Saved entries

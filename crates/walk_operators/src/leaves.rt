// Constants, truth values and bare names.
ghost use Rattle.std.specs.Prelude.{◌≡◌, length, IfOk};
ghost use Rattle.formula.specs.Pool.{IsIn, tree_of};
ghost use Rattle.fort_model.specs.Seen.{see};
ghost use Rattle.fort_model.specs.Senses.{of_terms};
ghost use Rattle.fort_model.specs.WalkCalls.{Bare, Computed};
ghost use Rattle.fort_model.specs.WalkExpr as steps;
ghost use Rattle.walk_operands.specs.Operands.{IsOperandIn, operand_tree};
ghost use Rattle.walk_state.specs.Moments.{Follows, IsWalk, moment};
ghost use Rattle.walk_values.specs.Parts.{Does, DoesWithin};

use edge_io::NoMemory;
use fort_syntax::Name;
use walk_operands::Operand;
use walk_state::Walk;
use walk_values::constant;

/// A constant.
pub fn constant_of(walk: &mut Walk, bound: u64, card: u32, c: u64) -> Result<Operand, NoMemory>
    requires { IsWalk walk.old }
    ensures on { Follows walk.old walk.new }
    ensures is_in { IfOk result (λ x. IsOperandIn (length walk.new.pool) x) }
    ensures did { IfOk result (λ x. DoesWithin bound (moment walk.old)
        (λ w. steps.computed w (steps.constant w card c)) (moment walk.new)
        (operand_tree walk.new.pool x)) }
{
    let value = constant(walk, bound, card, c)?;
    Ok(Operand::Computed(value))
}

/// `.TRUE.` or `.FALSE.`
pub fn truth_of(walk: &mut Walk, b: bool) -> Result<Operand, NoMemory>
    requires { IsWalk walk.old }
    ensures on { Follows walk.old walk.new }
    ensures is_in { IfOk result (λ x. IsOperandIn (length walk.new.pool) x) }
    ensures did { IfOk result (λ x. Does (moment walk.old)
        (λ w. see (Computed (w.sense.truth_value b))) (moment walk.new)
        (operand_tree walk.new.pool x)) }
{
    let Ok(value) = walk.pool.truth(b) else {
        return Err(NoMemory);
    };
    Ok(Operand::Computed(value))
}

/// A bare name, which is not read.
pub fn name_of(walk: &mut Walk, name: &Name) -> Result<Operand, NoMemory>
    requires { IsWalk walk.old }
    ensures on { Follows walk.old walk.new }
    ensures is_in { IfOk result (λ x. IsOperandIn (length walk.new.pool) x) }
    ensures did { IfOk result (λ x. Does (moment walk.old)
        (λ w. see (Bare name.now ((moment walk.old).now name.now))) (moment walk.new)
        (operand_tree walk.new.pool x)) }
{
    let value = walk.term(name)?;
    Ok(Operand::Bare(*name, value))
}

...

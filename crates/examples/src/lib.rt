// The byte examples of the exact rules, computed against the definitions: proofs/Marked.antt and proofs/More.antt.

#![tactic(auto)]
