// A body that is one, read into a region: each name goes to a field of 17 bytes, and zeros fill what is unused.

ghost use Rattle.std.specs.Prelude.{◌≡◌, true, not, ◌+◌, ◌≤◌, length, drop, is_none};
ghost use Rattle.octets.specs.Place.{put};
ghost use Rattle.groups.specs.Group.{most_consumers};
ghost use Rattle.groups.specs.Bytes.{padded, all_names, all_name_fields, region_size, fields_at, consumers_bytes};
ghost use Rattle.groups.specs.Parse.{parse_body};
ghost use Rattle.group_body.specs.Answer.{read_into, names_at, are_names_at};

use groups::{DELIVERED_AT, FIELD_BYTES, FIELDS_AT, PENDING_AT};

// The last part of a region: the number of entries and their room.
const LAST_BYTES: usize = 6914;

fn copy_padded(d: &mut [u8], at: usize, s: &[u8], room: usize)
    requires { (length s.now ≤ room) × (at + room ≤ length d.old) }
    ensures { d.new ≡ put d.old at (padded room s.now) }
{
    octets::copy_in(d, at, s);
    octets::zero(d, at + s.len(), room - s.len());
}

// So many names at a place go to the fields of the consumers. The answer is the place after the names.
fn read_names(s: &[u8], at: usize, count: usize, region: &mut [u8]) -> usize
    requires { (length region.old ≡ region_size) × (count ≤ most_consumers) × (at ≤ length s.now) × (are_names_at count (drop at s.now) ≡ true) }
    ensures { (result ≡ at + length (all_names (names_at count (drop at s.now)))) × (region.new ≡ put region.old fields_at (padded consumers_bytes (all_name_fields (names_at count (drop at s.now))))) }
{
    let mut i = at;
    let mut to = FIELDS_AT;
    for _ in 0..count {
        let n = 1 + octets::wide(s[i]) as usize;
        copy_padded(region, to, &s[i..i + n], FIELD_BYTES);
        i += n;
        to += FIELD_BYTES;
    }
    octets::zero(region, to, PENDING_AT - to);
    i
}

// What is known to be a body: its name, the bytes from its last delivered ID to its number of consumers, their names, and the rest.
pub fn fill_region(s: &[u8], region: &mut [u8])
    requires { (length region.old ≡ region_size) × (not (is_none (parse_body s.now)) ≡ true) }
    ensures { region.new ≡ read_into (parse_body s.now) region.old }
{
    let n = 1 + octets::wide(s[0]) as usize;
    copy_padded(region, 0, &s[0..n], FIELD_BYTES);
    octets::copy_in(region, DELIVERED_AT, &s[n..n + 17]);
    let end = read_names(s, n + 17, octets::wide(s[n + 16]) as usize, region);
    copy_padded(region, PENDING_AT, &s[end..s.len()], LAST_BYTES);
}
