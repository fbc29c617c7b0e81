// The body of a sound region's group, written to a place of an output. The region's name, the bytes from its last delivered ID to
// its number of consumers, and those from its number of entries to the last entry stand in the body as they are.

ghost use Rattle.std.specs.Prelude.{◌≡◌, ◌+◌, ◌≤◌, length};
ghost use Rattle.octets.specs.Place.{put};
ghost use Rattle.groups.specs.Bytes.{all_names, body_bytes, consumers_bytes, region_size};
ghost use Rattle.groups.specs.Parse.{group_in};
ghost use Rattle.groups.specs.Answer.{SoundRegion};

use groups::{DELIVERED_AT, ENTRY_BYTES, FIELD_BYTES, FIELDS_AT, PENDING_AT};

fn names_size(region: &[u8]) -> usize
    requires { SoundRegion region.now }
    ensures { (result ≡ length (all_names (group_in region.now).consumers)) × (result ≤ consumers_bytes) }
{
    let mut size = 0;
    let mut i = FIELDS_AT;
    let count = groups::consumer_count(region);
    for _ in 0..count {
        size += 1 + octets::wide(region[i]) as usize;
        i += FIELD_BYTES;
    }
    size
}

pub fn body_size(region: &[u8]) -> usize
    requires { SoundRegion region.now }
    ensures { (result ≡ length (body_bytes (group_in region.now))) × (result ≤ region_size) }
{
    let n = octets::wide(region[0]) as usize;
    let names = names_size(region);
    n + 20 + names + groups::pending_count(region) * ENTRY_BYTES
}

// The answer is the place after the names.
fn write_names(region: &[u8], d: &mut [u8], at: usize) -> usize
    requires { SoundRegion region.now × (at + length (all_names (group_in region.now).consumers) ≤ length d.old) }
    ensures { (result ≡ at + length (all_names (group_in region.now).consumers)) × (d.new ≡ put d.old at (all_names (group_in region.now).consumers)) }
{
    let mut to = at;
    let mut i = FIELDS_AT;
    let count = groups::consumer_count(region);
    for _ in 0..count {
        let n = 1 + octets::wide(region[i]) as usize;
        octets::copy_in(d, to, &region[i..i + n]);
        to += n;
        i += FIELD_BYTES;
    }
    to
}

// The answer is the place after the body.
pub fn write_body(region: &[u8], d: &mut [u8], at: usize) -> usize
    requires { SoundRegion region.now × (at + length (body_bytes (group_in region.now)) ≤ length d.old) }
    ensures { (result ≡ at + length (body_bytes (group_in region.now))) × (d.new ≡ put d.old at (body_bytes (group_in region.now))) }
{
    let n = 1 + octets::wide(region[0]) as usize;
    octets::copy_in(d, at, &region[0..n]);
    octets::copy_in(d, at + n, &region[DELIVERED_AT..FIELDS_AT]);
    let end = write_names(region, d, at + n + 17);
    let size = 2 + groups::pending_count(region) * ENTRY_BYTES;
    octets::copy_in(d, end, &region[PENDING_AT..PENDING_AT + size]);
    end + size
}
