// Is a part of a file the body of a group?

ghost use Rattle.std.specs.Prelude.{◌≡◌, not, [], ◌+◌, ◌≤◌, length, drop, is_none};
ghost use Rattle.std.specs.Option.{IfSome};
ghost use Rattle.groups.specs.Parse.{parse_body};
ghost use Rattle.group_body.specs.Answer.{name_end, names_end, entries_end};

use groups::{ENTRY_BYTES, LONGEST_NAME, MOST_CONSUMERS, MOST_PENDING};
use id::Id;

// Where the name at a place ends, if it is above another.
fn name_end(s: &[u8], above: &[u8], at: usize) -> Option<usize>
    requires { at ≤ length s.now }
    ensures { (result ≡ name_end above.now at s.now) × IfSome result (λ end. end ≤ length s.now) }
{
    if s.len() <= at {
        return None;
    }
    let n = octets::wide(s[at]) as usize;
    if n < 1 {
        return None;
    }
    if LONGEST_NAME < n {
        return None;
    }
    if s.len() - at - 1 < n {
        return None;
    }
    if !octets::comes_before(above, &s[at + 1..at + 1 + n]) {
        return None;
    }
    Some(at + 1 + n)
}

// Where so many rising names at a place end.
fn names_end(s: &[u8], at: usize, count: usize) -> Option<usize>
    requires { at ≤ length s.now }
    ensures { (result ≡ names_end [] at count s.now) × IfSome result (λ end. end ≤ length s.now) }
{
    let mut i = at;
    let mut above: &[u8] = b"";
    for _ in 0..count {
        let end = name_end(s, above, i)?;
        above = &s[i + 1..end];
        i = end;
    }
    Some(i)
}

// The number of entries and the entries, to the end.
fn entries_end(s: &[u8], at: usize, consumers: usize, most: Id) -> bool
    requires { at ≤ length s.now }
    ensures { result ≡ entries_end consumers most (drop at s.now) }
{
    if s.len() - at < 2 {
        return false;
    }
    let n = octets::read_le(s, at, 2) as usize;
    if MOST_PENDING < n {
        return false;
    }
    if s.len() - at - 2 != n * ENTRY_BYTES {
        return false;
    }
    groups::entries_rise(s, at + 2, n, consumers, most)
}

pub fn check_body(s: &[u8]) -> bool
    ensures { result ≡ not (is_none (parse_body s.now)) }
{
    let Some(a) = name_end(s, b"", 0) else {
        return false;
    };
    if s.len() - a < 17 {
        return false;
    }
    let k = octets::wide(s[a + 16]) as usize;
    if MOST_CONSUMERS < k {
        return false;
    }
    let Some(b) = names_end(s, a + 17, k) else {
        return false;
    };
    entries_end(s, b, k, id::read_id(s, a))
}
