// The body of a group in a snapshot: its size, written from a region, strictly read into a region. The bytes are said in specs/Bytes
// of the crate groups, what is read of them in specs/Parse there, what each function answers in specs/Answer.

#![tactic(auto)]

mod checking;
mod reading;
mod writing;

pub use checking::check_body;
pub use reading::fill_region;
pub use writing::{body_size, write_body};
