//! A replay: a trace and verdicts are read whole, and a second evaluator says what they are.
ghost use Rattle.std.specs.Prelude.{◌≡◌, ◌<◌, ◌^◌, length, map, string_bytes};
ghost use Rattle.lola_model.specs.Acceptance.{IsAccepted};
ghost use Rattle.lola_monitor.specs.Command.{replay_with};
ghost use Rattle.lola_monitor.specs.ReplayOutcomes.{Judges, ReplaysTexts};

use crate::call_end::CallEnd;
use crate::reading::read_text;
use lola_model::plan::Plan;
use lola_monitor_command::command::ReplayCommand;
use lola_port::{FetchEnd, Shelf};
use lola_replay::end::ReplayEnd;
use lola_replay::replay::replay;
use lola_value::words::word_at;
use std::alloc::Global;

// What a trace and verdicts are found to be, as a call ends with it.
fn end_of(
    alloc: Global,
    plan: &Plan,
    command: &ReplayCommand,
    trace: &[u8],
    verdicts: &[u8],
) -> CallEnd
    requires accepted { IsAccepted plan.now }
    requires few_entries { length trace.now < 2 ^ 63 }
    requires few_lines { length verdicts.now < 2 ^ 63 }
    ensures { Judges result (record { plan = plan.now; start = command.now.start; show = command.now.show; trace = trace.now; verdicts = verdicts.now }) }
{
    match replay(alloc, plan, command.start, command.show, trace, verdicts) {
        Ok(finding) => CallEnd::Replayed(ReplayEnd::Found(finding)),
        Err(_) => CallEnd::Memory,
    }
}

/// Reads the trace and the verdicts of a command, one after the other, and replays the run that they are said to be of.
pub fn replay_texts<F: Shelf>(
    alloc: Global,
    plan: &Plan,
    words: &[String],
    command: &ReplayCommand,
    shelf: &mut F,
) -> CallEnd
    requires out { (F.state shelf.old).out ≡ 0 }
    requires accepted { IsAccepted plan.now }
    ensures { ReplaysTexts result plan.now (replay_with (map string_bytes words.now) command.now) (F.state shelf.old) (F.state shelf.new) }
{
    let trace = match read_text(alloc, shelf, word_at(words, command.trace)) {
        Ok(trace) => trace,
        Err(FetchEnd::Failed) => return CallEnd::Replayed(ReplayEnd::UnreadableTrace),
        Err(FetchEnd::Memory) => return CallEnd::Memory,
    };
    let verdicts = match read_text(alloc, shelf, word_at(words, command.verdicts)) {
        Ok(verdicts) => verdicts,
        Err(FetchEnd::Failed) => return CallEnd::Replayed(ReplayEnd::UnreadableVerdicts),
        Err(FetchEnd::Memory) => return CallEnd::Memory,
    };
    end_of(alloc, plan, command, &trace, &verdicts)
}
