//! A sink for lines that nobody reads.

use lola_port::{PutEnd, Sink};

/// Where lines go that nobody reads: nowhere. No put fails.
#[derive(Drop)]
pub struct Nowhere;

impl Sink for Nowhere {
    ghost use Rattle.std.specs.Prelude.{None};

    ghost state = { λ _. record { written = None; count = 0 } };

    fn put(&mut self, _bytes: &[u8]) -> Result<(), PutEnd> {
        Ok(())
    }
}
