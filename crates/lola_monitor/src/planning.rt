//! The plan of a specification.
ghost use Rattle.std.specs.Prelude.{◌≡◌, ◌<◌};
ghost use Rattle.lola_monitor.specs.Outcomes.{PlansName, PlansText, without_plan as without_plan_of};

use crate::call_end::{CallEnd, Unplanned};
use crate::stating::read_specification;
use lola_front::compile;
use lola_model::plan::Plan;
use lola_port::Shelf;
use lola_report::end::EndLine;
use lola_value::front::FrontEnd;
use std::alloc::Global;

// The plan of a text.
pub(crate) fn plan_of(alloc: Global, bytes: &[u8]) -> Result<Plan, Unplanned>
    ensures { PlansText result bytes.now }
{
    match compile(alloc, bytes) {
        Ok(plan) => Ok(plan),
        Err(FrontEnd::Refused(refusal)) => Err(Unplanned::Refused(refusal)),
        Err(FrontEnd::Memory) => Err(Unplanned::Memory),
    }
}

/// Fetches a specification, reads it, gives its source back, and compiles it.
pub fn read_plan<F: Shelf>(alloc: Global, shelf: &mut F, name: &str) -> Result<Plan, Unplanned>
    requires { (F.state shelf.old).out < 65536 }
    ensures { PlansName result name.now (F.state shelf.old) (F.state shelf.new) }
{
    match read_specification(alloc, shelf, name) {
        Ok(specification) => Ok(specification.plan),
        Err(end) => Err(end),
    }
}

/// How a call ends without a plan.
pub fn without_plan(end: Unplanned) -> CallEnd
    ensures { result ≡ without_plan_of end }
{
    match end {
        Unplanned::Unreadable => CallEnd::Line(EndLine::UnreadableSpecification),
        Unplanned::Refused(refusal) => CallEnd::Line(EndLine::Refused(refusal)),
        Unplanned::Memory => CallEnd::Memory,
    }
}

...

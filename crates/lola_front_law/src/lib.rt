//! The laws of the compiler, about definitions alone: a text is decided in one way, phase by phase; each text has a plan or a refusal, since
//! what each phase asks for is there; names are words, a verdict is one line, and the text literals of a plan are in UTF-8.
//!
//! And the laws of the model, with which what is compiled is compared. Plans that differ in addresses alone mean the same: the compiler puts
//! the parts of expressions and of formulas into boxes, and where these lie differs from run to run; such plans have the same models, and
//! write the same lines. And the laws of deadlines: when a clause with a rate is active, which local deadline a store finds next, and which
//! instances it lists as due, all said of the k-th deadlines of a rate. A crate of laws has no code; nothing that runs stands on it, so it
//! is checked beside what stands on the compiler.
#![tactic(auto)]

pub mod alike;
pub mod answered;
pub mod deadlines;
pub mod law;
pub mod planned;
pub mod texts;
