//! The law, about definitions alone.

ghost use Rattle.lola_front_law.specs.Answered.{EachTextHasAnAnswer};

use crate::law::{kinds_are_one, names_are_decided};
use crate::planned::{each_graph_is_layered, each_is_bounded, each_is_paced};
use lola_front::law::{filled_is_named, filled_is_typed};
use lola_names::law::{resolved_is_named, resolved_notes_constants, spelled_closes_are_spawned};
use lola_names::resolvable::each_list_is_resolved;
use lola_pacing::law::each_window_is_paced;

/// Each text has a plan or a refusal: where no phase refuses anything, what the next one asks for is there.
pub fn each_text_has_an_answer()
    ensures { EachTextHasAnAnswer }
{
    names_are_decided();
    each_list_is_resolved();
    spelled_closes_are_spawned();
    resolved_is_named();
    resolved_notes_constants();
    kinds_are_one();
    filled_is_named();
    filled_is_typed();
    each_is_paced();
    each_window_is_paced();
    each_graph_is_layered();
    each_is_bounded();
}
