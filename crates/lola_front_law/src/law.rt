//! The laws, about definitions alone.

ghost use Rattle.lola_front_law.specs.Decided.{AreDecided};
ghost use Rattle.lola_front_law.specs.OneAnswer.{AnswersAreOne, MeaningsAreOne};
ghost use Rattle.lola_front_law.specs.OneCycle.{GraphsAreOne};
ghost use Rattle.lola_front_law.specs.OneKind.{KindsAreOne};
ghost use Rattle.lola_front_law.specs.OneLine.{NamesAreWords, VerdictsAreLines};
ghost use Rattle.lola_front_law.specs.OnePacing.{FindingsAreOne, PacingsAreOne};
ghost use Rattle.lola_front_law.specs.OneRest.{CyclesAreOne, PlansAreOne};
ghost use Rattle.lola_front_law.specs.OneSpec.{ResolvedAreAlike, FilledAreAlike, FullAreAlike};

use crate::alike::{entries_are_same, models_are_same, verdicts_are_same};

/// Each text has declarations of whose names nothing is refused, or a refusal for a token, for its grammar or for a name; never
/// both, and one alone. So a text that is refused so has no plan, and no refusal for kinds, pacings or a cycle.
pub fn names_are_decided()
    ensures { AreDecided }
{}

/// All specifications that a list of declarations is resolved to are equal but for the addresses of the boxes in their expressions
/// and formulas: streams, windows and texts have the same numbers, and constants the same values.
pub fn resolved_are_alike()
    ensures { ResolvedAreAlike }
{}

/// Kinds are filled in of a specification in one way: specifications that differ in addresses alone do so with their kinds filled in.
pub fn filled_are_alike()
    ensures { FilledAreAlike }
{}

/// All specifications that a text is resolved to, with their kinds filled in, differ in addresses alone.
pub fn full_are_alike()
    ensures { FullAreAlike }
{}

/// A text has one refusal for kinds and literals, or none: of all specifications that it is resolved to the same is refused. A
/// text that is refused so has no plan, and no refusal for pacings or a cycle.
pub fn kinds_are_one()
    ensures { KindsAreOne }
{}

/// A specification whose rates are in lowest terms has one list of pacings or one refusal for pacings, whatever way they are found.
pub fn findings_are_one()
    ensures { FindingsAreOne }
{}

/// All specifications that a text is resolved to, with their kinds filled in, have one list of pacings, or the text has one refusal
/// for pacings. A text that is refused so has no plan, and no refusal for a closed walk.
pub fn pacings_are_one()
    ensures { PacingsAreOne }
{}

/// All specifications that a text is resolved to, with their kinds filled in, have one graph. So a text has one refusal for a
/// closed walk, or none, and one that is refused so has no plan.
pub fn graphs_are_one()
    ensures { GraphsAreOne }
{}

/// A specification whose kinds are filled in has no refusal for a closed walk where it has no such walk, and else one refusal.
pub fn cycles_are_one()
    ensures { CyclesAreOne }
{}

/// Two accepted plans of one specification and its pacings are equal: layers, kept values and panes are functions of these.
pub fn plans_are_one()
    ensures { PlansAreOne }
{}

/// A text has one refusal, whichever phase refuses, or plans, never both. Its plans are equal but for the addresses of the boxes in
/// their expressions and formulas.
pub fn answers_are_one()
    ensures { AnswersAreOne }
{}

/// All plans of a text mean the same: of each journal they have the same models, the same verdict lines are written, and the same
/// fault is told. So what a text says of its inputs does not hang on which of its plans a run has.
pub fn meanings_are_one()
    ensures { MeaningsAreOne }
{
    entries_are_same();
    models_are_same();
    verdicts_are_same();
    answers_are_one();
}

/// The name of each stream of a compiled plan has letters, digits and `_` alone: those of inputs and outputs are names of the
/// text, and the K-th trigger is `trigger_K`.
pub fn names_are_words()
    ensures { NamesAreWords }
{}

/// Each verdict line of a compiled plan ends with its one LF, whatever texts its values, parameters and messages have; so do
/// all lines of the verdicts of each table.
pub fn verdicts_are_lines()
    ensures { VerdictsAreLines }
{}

**Required action**
Scan the records above. Return every line with "deadlines" in it.

**Exercise solution**
//! write the same lines. And the laws of deadlines: when a clause with a rate is active, which local deadline a store finds next, and which
//! instances it lists as due, all said of the k-th deadlines of a rate. A crate of laws has no code; nothing that runs stands on it, so it
pub mod deadlines;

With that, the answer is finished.